Each line in the entries below that holds the word "Prelude" belongs in the answer.

Saved data entries:
⁂

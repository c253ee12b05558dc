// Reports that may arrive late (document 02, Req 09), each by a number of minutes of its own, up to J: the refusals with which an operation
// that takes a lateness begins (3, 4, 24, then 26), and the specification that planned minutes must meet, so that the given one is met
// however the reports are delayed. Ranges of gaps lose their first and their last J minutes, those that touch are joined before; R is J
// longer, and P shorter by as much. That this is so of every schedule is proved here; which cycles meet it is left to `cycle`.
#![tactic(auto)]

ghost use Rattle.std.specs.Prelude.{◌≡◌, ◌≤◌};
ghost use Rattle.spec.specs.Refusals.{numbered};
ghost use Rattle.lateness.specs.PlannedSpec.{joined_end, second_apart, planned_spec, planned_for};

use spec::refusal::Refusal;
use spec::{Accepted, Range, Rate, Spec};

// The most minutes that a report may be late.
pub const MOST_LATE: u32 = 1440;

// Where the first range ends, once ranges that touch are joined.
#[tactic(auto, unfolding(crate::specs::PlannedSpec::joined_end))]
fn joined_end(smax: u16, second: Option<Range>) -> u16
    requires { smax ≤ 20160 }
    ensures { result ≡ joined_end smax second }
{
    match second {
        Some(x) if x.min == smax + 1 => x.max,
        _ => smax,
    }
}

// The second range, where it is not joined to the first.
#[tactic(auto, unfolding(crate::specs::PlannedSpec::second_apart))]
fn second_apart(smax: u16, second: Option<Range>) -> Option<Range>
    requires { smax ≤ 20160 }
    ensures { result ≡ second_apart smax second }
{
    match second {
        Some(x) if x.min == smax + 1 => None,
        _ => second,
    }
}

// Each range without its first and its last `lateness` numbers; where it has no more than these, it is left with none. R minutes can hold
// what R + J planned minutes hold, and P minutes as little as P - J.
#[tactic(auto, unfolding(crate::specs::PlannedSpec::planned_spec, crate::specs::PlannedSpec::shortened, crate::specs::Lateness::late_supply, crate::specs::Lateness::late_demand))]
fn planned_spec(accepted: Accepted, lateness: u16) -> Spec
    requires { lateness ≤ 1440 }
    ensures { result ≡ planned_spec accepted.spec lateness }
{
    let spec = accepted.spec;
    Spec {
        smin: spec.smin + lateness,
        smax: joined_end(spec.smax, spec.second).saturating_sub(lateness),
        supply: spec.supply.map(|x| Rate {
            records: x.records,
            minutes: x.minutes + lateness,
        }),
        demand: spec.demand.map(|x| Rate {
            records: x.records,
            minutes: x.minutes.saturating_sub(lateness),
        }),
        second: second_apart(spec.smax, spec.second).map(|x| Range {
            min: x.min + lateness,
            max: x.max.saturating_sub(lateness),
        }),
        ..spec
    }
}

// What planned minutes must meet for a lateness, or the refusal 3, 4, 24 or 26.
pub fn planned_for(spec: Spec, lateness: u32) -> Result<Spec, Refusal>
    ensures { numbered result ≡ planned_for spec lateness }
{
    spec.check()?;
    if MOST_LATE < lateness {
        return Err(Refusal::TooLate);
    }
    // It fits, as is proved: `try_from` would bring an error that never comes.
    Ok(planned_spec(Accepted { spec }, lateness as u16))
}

⁂

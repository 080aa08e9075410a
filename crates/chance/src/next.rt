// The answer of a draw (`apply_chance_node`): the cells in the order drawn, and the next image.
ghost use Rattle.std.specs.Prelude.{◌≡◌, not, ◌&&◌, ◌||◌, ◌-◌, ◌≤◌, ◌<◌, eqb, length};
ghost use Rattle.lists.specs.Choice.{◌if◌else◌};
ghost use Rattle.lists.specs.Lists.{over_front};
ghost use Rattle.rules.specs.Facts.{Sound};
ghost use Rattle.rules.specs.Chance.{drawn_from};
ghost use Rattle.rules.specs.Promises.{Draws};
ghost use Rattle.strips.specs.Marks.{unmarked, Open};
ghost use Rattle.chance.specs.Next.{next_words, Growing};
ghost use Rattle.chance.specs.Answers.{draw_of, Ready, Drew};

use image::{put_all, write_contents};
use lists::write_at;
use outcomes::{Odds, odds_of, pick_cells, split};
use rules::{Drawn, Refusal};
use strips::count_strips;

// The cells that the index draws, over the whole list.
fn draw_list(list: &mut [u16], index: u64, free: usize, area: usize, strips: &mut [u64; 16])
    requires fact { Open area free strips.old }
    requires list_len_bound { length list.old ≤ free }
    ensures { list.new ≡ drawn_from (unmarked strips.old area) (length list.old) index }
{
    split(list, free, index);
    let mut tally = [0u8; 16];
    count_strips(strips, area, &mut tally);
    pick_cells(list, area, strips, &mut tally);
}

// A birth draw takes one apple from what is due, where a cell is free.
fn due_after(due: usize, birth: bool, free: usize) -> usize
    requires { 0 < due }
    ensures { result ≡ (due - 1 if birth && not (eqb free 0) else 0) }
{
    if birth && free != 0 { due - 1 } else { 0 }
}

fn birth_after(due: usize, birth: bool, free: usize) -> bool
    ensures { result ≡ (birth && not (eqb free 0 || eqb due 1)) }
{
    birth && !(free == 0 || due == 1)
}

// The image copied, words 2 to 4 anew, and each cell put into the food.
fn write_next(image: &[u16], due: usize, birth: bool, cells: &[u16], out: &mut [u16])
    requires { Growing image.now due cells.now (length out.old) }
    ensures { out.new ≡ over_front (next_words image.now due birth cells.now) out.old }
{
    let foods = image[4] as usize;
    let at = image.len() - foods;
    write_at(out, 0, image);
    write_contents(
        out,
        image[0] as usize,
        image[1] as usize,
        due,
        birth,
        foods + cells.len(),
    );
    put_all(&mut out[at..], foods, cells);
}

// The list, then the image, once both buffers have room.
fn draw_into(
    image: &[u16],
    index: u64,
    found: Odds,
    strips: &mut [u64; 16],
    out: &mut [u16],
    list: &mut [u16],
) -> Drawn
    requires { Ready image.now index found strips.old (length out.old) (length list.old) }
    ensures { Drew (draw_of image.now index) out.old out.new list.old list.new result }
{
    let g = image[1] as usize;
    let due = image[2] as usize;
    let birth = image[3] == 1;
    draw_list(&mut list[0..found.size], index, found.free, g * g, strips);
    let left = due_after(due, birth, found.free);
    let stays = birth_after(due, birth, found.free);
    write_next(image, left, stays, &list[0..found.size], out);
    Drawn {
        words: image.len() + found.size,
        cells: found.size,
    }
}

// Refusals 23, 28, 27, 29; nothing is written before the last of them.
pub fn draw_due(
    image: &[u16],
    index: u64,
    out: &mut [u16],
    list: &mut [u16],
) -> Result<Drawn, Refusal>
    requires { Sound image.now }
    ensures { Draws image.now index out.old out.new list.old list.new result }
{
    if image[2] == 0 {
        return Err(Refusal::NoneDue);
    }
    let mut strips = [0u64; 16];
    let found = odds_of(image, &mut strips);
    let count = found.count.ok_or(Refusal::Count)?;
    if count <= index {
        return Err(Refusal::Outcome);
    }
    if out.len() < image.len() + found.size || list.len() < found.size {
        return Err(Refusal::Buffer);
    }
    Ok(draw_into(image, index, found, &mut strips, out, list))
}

⁂

OUTPUT OF THE EXERCISE:
ghost use Rattle.std.specs.Prelude.{◌≡◌, ◌≤◌};
ghost use Rattle.std.specs.Prelude.{◌≡◌, not, ◌&&◌, ◌||◌, ◌-◌, ◌≤◌, ◌<◌, eqb, length};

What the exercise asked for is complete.